Boice’s Christian may be an acquired taste, but the actor’s comedic chops are undeniable, and he’s having such fun grossing us out that we can’t help but laugh along.

O’Connor’s mousy Carol and Dissette’s big-haired Pam are fabulous too, the latter’s big belty pipes shown off to perfection in the bluesy “50 Shades!”

As for Gruber, Puryear, and Reade, all three are terrific dancers, and Gruber gets to double as Christian’s brother Elliott, who’s got bulging muscles where Christian just bulges.

Last but not least are original New York cast members McCarthy and Semar, the former getting the plum assignment of playing both Bev and Katharine, which she does to crowd-pleasing delight. (McCarthy orgasms to more audience laughs than anyone since Meg Ryan fake-came for Billy Crystal in When Harry Met Sally.)

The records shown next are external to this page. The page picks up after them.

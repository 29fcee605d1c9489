// node_bare: a node towards one border that is judged without the runs of its arcs. The border itself gets a
// byte for each tick by the runs of its own profile, and a node without points is told by whether an arc out
// of it leads to one that has some.
// It may call `profile_runs` for runs, `network` and `plan` to read both files; it cites
// `plan_tests`, `plan_values`, `day_runs`, `day_slopes`, `search_chains`, `theory_loops` and `theory_paths`.
#![tactic(auto)]

ghost use Rattle.std.specs.Prelude.{◌≡◌, ◌+◌, ◌*◌, ◌^◌, ◌≤◌, ◌<◌, length};
ghost use Rattle.theory_loops.specs.Fill.{Filled};
ghost use Rattle.theory_loops.specs.First;
ghost use Rattle.network.specs.Decode.{decode};
ghost use Rattle.network.specs.Network.{arcs, tail};
ghost use Rattle.network.specs.Town.{partition_of};
ghost use Rattle.search_chains.specs.Chain.{Chained};
ghost use Rattle.plan.specs.Plan.{point_count, profile_value};
ghost use Rattle.plan.specs.PlanDecode.{decode_plan};
ghost use Rattle.plan_values.specs.Formed.{Formed};
ghost use Rattle.plan_values.specs.Starts.{Started};
ghost use Rattle.day_runs.specs.Filling.{Space};
ghost use Rattle.day_slopes.specs.Runs.{Grid};
ghost use Rattle.plan_tests.specs.Checkable.{Checkable};
ghost use Rattle.node_bare.specs.Home.{home_byte, Painted, AtHome};
ghost use Rattle.node_bare.specs.Ahead.{ahead};

use network::limits::{MOST_ARCS, MOST_NODES};
use plan::header::PlanLayout;
use plan_tests::tests::Layouts;

// The byte of a tick at which no test fails, and of one at which the border's own profile is not 0.
pub const PASSED: u8 = 6;

const RAISED: u8 = 14;

// Gives the ticks from a up to b one byte.
pub fn fill(marks: &mut [u8], a: usize, b: usize, byte: u8)
    requires { (a ≤ b) × (b ≤ length marks.old) }
    ensures { Filled a b (λ _. byte) marks.old marks.new }
{
    for x in a..b {
        marks[x] = byte;
    }
}

// The byte of the ticks at which the border's own profile has this value.
fn home_byte(value: u32) -> u8
    ensures { result ≡ home_byte value }
{
    if value == 0 {
        return PASSED;
    }
    RAISED
}

// Gives each tick of a day its byte, by the runs of the border's own profile.
fn mark_runs(starts: &[u16], values: &[u32], n: usize, period: usize, marks: &mut [u8])
    requires grid { Grid starts.now n period }
    requires n_in_bounds { (n < length starts.now) × (n ≤ length values.now) × (period ≤ length marks.old) }
    ensures { Painted starts.now values.now n marks.new }
{
    for k in 0..n {
        fill(
            marks,
            usize::from(starts[k]),
            usize::from(starts[k + 1]),
            home_byte(values[k]),
        );
    }
}

// Gives each tick its byte at the border itself, border number i and node u, by its own profile.
pub fn mark_home(
    plan: &[u8],
    l: PlanLayout,
    firsts: &[u32; MOST_NODES],
    i: usize,
    u: usize,
    so: &mut [u16],
    vo: &mut [u32],
    marks: &mut [u8],
    finds: &mut u64,
)
    requires formed { Formed plan.now l }
    requires started { Started plan.now l i firsts.now }
    requires i_lt_borders { (i < l.borders) × (u < l.nodes) }
    requires space { Space so.old vo.old l.period × (l.period ≤ length marks.old) }
    requires u_bound { finds.old + point_count (decode_plan plan.now) (i * l.nodes + u) < 2 ^ 64 }
    ensures { AtHome (profile_value l.period (decode_plan plan.now) (i * l.nodes + u))
        l.period marks.new
        × (finds.new ≡ finds.old
        + point_count (decode_plan plan.now) (i * l.nodes + u)) }
{
    if plan::read::point_count(plan, l, i * l.nodes + u) == 0 {
        fill(marks, 0, l.period, RAISED);
        return;
    }
    let n = profile_runs::fill_profile(plan, l, firsts, i, u, so, vo, finds);
    mark_runs(so, vo, n, l.period, marks);
}

// Does an arc out of a node lead to one that has points towards border number i?
pub fn is_ahead(
    network: &[u8],
    plan: &[u8],
    l: Layouts,
    first: &[u16; MOST_NODES],
    next: &[u16; MOST_ARCS],
    i: usize,
    node: usize,
) -> bool
    requires checkable { Checkable network.now plan.now l }
    requires chained { Chained (tail (decode network.now)) l.network.nodes l.network.arcs 0
        first.now next.now }
    requires i_lt_borders { (i < l.plan.borders) × (node < l.network.nodes) }
    ensures { result ≡ First.any (arcs (decode network.now))
        (ahead (partition_of (decode network.now)) (decode_plan plan.now) i node) }
{
    let arcs = l.network.arcs;
    let mut a = usize::from(first[node]);
    while a < arcs {
        let head = network::read::head(network, l.network, a);
        if plan::read::point_count(plan, l.plan, i * l.plan.nodes + head) != 0 {
            return true;
        }
        a = usize::from(next[a]);
    }
    false
}
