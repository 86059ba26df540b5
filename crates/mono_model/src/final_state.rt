ghost use Rattle.std.specs.Prelude.{◌≡◌};
ghost use Rattle.mono_model.specs.Final.{end_of};

use fsim_base::Halt;
use machine_csr::Csrs;

/// How a run stands or ended.
#[derive(Clone, Copy, Debug, PartialEq, Eq)]
pub enum End {
    /// The program stored the word of a pass to the finisher.
    Pass,
    /// The program stored a failure with this code to the finisher.
    Fail(u16),
    /// The limit of cycles, or of steps, was reached.
    Limit,
    /// The program sent a byte when the output had no room left.
    OutputFull,
    /// The run has not ended.
    Running,
}

/// The end that a store to the finisher brings.
pub fn end_of(halt: Halt) -> End
    ensures end { result ≡ end_of halt }
{
    match halt {
        Halt::Pass => End::Pass,
        Halt::Fail(code) => End::Fail(code),
    }
}

/// What is counted in a run.
#[derive(Clone, Copy, Debug, Default, PartialEq, Eq)]
pub struct Stats {
    /// The version of the machine file: 1 or 2, and 0 for a run without one.
    pub version: u32,
    /// Cycles, or steps in a run without a machine file.
    pub cycles: u64,
    /// Instructions that retired: those committed without a trap.
    pub instructions: u64,
    /// Instructions committed with a trap.
    pub exceptions: u64,
    /// Timer interrupts taken.
    pub interrupts: u64,
    /// Time reads that were sent back to fetch to be given a time.
    pub replays: u64,
    /// Instructions that were fetched into the window, on wrong paths too.
    pub fetched: u64,
    /// Instructions that were taken out of the window by a flush.
    pub squashed: u64,
    /// Branches, jumps and MRETs that retired.
    pub branches: u64,
    /// Instructions whose next address wasn't the predicted one, found at their completion.
    pub mispredicted: u64,
    /// Accesses of the instruction cache.
    pub icache_accesses: u64,
    /// Those of them that missed.
    pub icache_misses: u64,
    /// Accesses of the data cache.
    pub dcache_accesses: u64,
    /// Those of them that missed.
    pub dcache_misses: u64,
    /// Accesses of the second level, write-backs among them.
    pub l2_accesses: u64,
    /// Those of them that missed.
    pub l2_misses: u64,
    /// Dirty lines of the data cache that were dropped.
    pub writebacks: u64,
    /// Bytes of output.
    pub output: u64,
}

/// What is reported of a run: its end, its counts, and the committed registers.
#[derive(Clone, Copy, Debug, PartialEq, Eq)]
pub struct Final {
    /// How the run stands or ended.
    pub end: End,
    /// Its counts.
    pub stats: Stats,
    /// The address of the next instruction to commit.
    pub pc: u32,
    /// The registers x0 to x31.
    pub regs: [u32; 32],
    /// The control and status registers.
    pub csrs: Csrs,
    /// mtimecmp, in cycles.
    pub cmp: u64,
}
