//! The definitions of the simulated machine, sequential and cycle by cycle, and the plain types
//! that they speak of.
//!
//! No call of this crate computes a cycle: what the machine is stands in `specs/`, in the order of
//! `specs/Lib.antt`.
#![tactic(auto)]

mod final_state;
mod params;
mod setup;

pub use device_bus::INPUT_LIMIT;
pub use final_state::{End, Final, Stats, end_of};
pub use params::Params;
pub use setup::{CYCLE_LIMIT, OUTPUT_LIMIT, RING_LIMIT, Setup};
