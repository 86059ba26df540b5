use crate::params::Params;
use device_bus::INPUT_LIMIT;
use elf_image::Image;
use fsim_base::Bytes;

/// The largest room for output that a run may have, in bytes.
pub const OUTPUT_LIMIT: u32 = 16_777_216;

/// The most cycles after which a run may end, or steps in a run without a machine file.
pub const CYCLE_LIMIT: u64 = 1 << 40;

/// The most entries that a trace may have room for.
pub const RING_LIMIT: u32 = 65_536;

/// All that a run depends on.
#[derive(Debug, Drop)]
pub struct Setup {
    /// The program, as it is loaded into RAM.
    pub image: Image,
    /// The machine that it runs on.
    pub params: Params,
    /// What the console hands over, byte by byte.
    pub input: Bytes,
    /// The run ends after so many cycles, or steps in a run without a machine file.
    pub cycles: u64,
    /// How many bytes of output have room.
    pub output: u32,
    /// How many entries the trace has room for.
    pub ring: u32,
}

impl Setup {
    ghost use Rattle.std.specs.Prelude.{◌≡◌};
    ghost use Rattle.mono_model.specs.Setup.{is_setup};

    /// Whether a run may have this setup: an image that can be loaded into RAM, parameters in the
    /// ranges of a machine file, at most [`INPUT_LIMIT`] bytes of input and [`OUTPUT_LIMIT`] of
    /// output, from 1 to [`CYCLE_LIMIT`] cycles, and a trace of 1 to [`RING_LIMIT`] entries.
    #[tactic(auto, unfolding(crate::specs::Setup::is_setup))]
    pub fn sound(&self) -> bool
        ensures sound { result ≡ is_setup self.now }
    {
        self.image.sound(self.params.ram_range())
            && self.params.in_range()
            && self.input.as_slice().len() <= INPUT_LIMIT
            && 1 <= self.cycles
            && self.cycles <= CYCLE_LIMIT
            && self.output <= OUTPUT_LIMIT
            && 1 <= self.ring
            && self.ring <= RING_LIMIT
    }
}
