ghost use Rattle.std.specs.Prelude.{◌≡◌, ℕ};
ghost use Rattle.mono_model.specs.Ranges.{is_between, is_power_between, is_ram, is_unit, is_cache};

use branch_predictor::PredKind;
use fsim_base::RamRange;

fn is_between(low: u32, high: u32, number: u32) -> bool
    ensures between { result ≡ is_between low high number }
{
    low <= number && number <= high
}

fn is_power_between(low: u32, high: u32, number: u32) -> bool
    ensures power { result ≡ is_power_between low high number }
{
    is_between(low, high, number) && number.is_power_of_two()
}

fn is_ram(base: u32, size: u32) -> bool
    ensures ram { result ≡ is_ram base size }
{
    is_between(0x2000_0000, 0xffff_f000, base)
        && base % 4096 == 0
        && is_between(4096, 67_108_864, size)
        && size % 4096 == 0
        && u64::from(base) + u64::from(size) <= 1 << 32
}

fn is_unit(count: u32, latency: u32) -> bool
    ensures unit { result ≡ is_unit count latency }
{
    is_between(1, 8, count) && is_between(1, 64, latency)
}

fn is_cache(most_sets: u32, line: u32, sets: u32, ways: u32, miss: u32) -> bool
    ensures cache { result ≡ is_cache most_sets line sets ways miss }
{
    is_power_between(4, 256, line)
        && is_power_between(1, most_sets, sets)
        && ways <= 16
        && miss <= 1000
}

/// The parameters of the machine: one field for each key of a machine file, the dot written as an
/// underscore.
///
/// `docs/MACHINE-FILE.md` has the meaning, range and default of each.
#[derive(Clone, Copy, Debug, PartialEq, Eq)]
pub struct Params {
    /// The version of the machine file, 1 or 2. Version 1 has no second level of caches and writes
    /// nothing back.
    pub version: u32,
    /// The first address of RAM.
    pub ram_base: u32,
    /// How many bytes RAM has.
    pub ram_size: u32,
    /// How many instructions are fetched in a cycle, at most.
    pub core_fetch: u32,
    /// How many instructions are committed in a cycle, at most.
    pub core_commit: u32,
    /// Cycles from fetch to the first issue.
    pub core_front: u32,
    /// How many records the window has room for.
    pub core_window: u32,
    /// Reservation stations: how many records may wait.
    pub core_stations: u32,
    /// Units for the classes Alu and Serial.
    pub alu_count: u32,
    /// Their cycles from issue to done.
    pub alu_latency: u32,
    /// Units for multiplications.
    pub mul_count: u32,
    /// Their cycles from issue to done.
    pub mul_latency: u32,
    /// Units for divisions.
    pub div_count: u32,
    /// Their cycles from issue to done.
    pub div_latency: u32,
    /// Units for loads and stores.
    pub mem_count: u32,
    /// Their cycles from issue to done.
    pub mem_latency: u32,
    /// How the direction of a conditional branch is predicted.
    pub predictor_kind: PredKind,
    /// How many two-bit counters there are.
    pub predictor_counters: u32,
    /// How many committed branch outcomes `gshare` looks back at.
    pub predictor_history: u32,
    /// How many places the target buffer has.
    pub predictor_targets: u32,
    /// Bytes in a line of the instruction cache.
    pub icache_line: u32,
    /// Its sets.
    pub icache_sets: u32,
    /// Lines in a set; with 0 there is no such cache.
    pub icache_ways: u32,
    /// Cycles that its miss adds where there is no second level.
    pub icache_miss: u32,
    /// Bytes in a line of the data cache.
    pub dcache_line: u32,
    /// Its sets.
    pub dcache_sets: u32,
    /// Lines in a set; with 0 there is no such cache.
    pub dcache_ways: u32,
    /// Cycles that its miss adds where there is no second level.
    pub dcache_miss: u32,
    /// The policy of the data cache: write back, or else write through, as under version 1.
    pub dcache_back: bool,
    /// Bytes in a line of the second level.
    pub l2_line: u32,
    /// Its sets.
    pub l2_sets: u32,
    /// The ways of the second level of caches; 0 where there is none, as under version 1.
    pub l2_ways: u32,
    /// Cycles that a miss of the first level adds where the second level hits.
    pub l2_hit: u32,
    /// Cycles that it adds where the second level misses too.
    pub l2_miss: u32,
}

impl Params {
    ghost use Rattle.std.specs.Prelude.{true};
    ghost use Rattle.mono_model.specs.Plain.{plain_params};
    ghost use Rattle.mono_model.specs.Setup.{are_core, are_units, is_predictor, are_caches};
    ghost use Rattle.mono_model.specs.Setup.{is_version, are_params, ram_range};

    /// The plain machine: that of a machine file with no keys, and of a run without one.
    pub fn plain() -> Params
        ensures plain { result ≡ plain_params }
        ensures in_range { are_params result ≡ true }
    {
        Params {
            version: 1,
            ram_base: 0x8000_0000,
            ram_size: 0x0100_0000,
            core_fetch: 1,
            core_commit: 1,
            core_front: 1,
            core_window: 1,
            core_stations: 256,
            alu_count: 1,
            alu_latency: 1,
            mul_count: 1,
            mul_latency: 1,
            div_count: 1,
            div_latency: 1,
            mem_count: 1,
            mem_latency: 1,
            predictor_kind: PredKind::Static,
            predictor_counters: 1024,
            predictor_history: 8,
            predictor_targets: 0,
            icache_line: 64,
            icache_sets: 64,
            icache_ways: 0,
            icache_miss: 20,
            dcache_line: 64,
            dcache_sets: 64,
            dcache_ways: 0,
            dcache_miss: 20,
            dcache_back: false,
            l2_line: 64,
            l2_sets: 512,
            l2_ways: 0,
            l2_hit: 10,
            l2_miss: 100,
        }
    }

    /// The addresses of RAM.
    pub fn ram_range(&self) -> RamRange
        ensures range { result ≡ ram_range self.now }
    {
        RamRange {
            base: self.ram_base,
            size: self.ram_size,
        }
    }

    /// Whether each parameter is in the range of its key in a machine file.
    #[tactic(auto, unfolding(crate::specs::Setup::are_params))]
    pub fn in_range(&self) -> bool
        ensures in_range { result ≡ are_params self.now }
    {
        self.is_version_in_range()
            && is_ram(self.ram_base, self.ram_size)
            && self.is_core_in_range()
            && self.are_units_in_range()
            && self.is_predictor_in_range()
            && self.are_caches_in_range()
    }

    fn is_version_in_range(&self) -> bool
        ensures version { result ≡ is_version self.now }
    {
        match self.version {
            1 => self.l2_ways == 0 && !self.dcache_back,
            version => version == 2,
        }
    }

    fn is_core_in_range(&self) -> bool
        ensures core { result ≡ are_core self.now }
    {
        is_between(1, 8, self.core_fetch)
            && is_between(1, 8, self.core_commit)
            && is_between(1, 32, self.core_front)
            && is_between(1, 256, self.core_window)
            && is_between(1, 256, self.core_stations)
    }

    fn are_units_in_range(&self) -> bool
        ensures units { result ≡ are_units self.now }
    {
        is_unit(self.alu_count, self.alu_latency)
            && is_unit(self.mul_count, self.mul_latency)
            && is_unit(self.div_count, self.div_latency)
            && is_unit(self.mem_count, self.mem_latency)
    }

    fn is_predictor_in_range(&self) -> bool
        ensures predictor { result ≡ is_predictor self.now }
    {
        is_power_between(1, 65_536, self.predictor_counters)
            && self.predictor_history <= 16
            && (self.predictor_targets == 0 || is_power_between(1, 65_536, self.predictor_targets))
    }

    fn are_caches_in_range(&self) -> bool
        ensures caches { result ≡ are_caches self.now }
    {
        is_cache(
            4096,
            self.icache_line,
            self.icache_sets,
            self.icache_ways,
            self.icache_miss,
        ) && is_cache(
            4096,
            self.dcache_line,
            self.dcache_sets,
            self.dcache_ways,
            self.dcache_miss,
        ) && is_cache(
            65_536,
            self.l2_line,
            self.l2_sets,
            self.l2_ways,
            self.l2_miss,
        ) && self.l2_hit <= 1000
    }
}
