//! Laws on the words that stand for a plan's cells: each write of a plan is one word on the machine, and leaves the two alike.
#![tactic(auto)]

mod laws;

pub use laws::{
    a_block_s_record_is_sealed, a_call_s_record_is_sealed, a_commit_is_one_word,
    a_copy_s_record_is_sealed, a_write_of_the_plan_is_one_word,
};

17 As for the sensacional Semar, not since The Drowsy Chaperone’s Aldolpho has there been as outrageously funny a take on the Latin lothario as José, whose every step is poesía en movimiento (at least it’s poetry in motion in his own mind) and whose rendition of “Mi Amor” is the showstoppingest of showstoppers.

Choreographers Joanna Greer and Brad Landers get high marks for multiple dance numbers in multiple genres as does musical director Riley Thomas and the onstage three-piece band.

Rob Lindley is associate director. Ringwald doubles as stage manager. Chris Landry is sound technician, Jim Harrison company manager, and Andrew Asnes executive producer.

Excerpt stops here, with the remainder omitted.